The Kubra is attibuted to al-Buni but as in the previous paper, the question of “authorship” is tricky. Textual study of the cited manuscript of the Kubra indicates it could be composed (compiled?) no earlier than the 16th c while the attributed author is 3 centuries earlier. Study of the work is made difficult by the many variant texts, meaning that differences in interpretation between scholars may reflect differences in the acutal text versions they’re working with. It exists in at least 53 manuscripts and has been greatly popularized in printed form.

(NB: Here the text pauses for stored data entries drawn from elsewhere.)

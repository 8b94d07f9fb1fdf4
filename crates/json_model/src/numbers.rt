ghost use Rattle.std.specs.Prelude.{◌≡◌, ◌↔◌, ℕ, ℤ, get_or, IsTrue, MatchOption};
ghost use Rattle.serde_json.specs.View.{view};
ghost use Rattle.json_model.specs.Numbers.{IsBare, SpellsInteger, SpellsWhole, SpellsShort, SpellsUpTo};

use serde_json::Value as Json;

/// The byte at the place, or 0 past the end of the text.
fn byte_at(text: &str, place: usize) -> u8
    ensures { result ≡ get_or text.now place 0 }
{
    match text.as_bytes().get(place) {
        Some(byte) => *byte,
        None => 0,
    }
}

/// Whether the text of a number has no `+` in front, no 0 behind a `-`, and no 0 in front of another digit.
fn is_bare(text: &str) -> bool
    ensures { IsTrue result ↔ IsBare text.now }
{
    match byte_at(text, 0) {
        b'+' => false,
        b'-' => byte_at(text, 1) != b'0',
        b'0' => text.len() == 1,
        _ => true,
    }
}

/// The whole number of 64 bits with sign that a text spells: an optional `-`, then `0` or digits that don't begin with 0.
#[tactic(auto, using(crate::proofs::Numerals::bare_spells, crate::proofs::Numerals::spells_bare))]
pub fn read_integer(text: &str) -> Option<i64>
    ensures { MatchOption result ((z : ℤ) → SpellsInteger text.now z → ⊥)
        (λ z. SpellsInteger text.now z) }
{
    if text == "-0" {
        return Some(0);
    }
    let Ok(number) = text.parse::<i64>() else {
        return None;
    };
    if !is_bare(text) {
        return None;
    }
    Some(number)
}

/// The whole number of 64 bits with sign that a tree spells: as a JSON number without fraction or exponent, but not `-0`,
/// or as a text.
#[tactic(auto, using(crate::proofs::Wholes::text_whole, crate::proofs::Wholes::no_whole))]
pub fn read_whole(json: &Json) -> Option<i64>
    ensures { MatchOption result ((z : ℤ) → SpellsWhole (view json.now) z → ⊥)
        (λ z. SpellsWhole (view json.now) z) }
{
    if let Some(text) = json.as_str() {
        return read_integer(text);
    }
    json.as_i64()
}

/// The most documents that a filter of a watch stream counts.
pub(crate) const MAX_COUNT: u32 = 2_147_483_647;

/// The last code of a status.
pub(crate) const MAX_CODE: u32 = 16;

/// The last id of a listener.
pub(crate) const MAX_LISTENER_ID: u32 = 4_294_967_295;

/// The whole number from 0 to the most that a tree spells.
pub(crate) fn read_up_to(most: u32, json: &Json) -> Option<u32>
    ensures { MatchOption result ((n : ℕ) → SpellsUpTo most (view json.now) n → ⊥)
        (λ n. SpellsUpTo most (view json.now) n) }
{
    let Some(number) = read_whole(json) else {
        return None;
    };
    let Ok(count) = u32::try_from(number) else {
        return None;
    };
    if count > most {
        return None;
    }
    Some(count)
}

/// The whole number of 32 bits with sign that a tree spells.
pub(crate) fn read_short(json: &Json) -> Option<i32>
    ensures { MatchOption result ((z : ℤ) → SpellsShort (view json.now) z → ⊥)
        (λ z. SpellsShort (view json.now) z) }
{
    let Some(number) = read_whole(json) else {
        return None;
    };
    match i32::try_from(number) {
        Ok(short) => Some(short),
        Err(_) => None,
    }
}
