//! JSON trees of messages and lines: what is to stand where, the faults of a tree, what one without faults spells, and how
//! values are printed. `specs/Printed.antt` has the tree of a document too.
//!
//! A `Place` says what is to stand at a place of a tree: an `Object` or a `Series` that is looked into, or a `Leaf`. The tables
//! say which members an object has (`table.rt`). `check` walks a tree by them and answers its first fault of the least kind
//! (`walk.rt`). What has no fault is taken apart by `clean_object`, `clean_list`, `clean_member`, `clean_choice` and the readers
//! of leaves, which are total. A new message is some rows of tables and a builder over these.
#![tactic(auto)]

mod bytes;
mod clean;
mod clean_leaves;
mod constants;
mod document;
mod fault;
mod laws;
mod leaves;
mod members;
mod names;
mod numbers;
mod objects;
mod place;
mod printing;
mod reading;
mod required;
mod scalars;
mod setting;
mod side;
mod table;
mod texts;
mod walk;

pub use bytes::{print_bytes, read_bytes};
pub use clean::{check, clean_choice, clean_list, clean_member, clean_object};
pub use clean_leaves::{
    clean_boolean, clean_bytes, clean_code, clean_constant, clean_count, clean_id, clean_integer,
    clean_limit, clean_listener_id, clean_name, clean_parent, clean_path, clean_query_path,
    clean_target_id, clean_text, clean_time,
};
pub use document::state_text;
pub use fault::{BadName, JsonFault, NamingFault};
pub use laws::{
    a_tree_spells_once, faults_are_one, fits_without_faults, no_fault_spells,
    printed_fields_read_back, read_ascends,
};
pub use members::{given, refined};
pub use names::{read_names, read_reference};
pub use numbers::{read_integer, read_whole};
pub use objects::{put_given, put_member, text_tree, unless_empty};
pub use place::{Constants, Leaf, Object, Place, Series};
pub use printing::{print_fields, print_value, reference_text};
pub use reading::{MAX_NESTING, clean_fields, clean_value, clean_values, read_fields, read_name};
pub use setting::Setting;
pub use side::Side;
pub use table::value_member;
pub use texts::{show_key, show_path, show_text};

Results: Many texts have circulated under this name, so is this actually the Kubra? The text has the appropriate length in pages and chapters. There are some differences in phrasing and order of the chapter headings but it generally matches the printed version. The colophon indicates it was written in 1648 CE. As a side note: the text is now available free online from the BnF manuscript site.

There are aspects of the book the online (b&w) version can’t show. Color is important in the text, not simply for ornamentation, but for picking out key names and elements, as well as disambiguating when words are written across each other. There are further examples of aspects of the book that are not available from the online facsimile, such as the writing across the edges of the pages, the paper watermarks.

The paper’s conclusions are about the importance of the original object, even just in photographic facsimile, but better in person, for detailed interpretation.

Legible Signs? Cyphers, Talismans, and the Theologies of Early Islamic Sacred Writing - Travis Zadeh, Yale Univ.

(Presented by a reader for the absent author)

The title has been amended to “...Cyphers, Talismans, & Islamic Technologies of Writing.” Focuses on the power of writing, not simply for transmission of information, but as a powerful act in itself. Books had a mixed attitude toward the occult: supernatural, magic, trickery, etc. Critiques included a focus on physical practices such as cyphers and talismans, arguing for removal of an understanding of supernatural power. Talismans, incantations, charms, etc. could include incomprehensible text. Text should convey usefulness from meaning, not from the influence of meaningless performance.

(There’s a lot of detail on what various people said on various topics and I’m having a hard time abstracting it.) We’re now talking about “animal magnetism” and “mesmerism” so I’m not sure what era we’re in. OK, 19th century, but this must be talking generally about Islamic traditions of commentary on occult practices. These 19th century writers are talking about medieval texts, so there’s the connection. In this context, charms and incantations stimulate the power of “animal magnetism” to achieve their ends.

Western explorations of mesmerism used colonial spaces such as India as an experimental context for “scientific” studies of mesmeric influence for things such as painless surgery. But these western “scientific” experiments were contrasted with “native fakirs” which were deemed to use mere superstition. (It is promised we’ll get back to textual stuff.) Western publications were then translated back, e.g., into Urdu under the rubric of “licit magic” with the authority of western colonialist structures.

These also included traditional textual forms, such as horoscopes, talismans, and lettrism, but also alongside an interest in western typography and engineering. Thus we have a (fairly traditional style of) compilation of various fields on inquiry, combining Arabic material filtered through western interpretation along with traditional Arabic material and purely western material.

There is general discussion of the political uses of occult texts, concepts, and practices, as well as Islamicized versions of western sciences. Archival curation of historic Arabic texts have been affected by these issues, as the past is sifted and either presented or concealed according to attitudes regarding the validity and acceptability of the contents. (This is all about modern interactions with historic texts and sources.)

Respondent: Noah D. Gardiner, Univ. of South Carolina–Columbia

 

(Mostly fairly specific questions about the choice of subject matter and research direction.)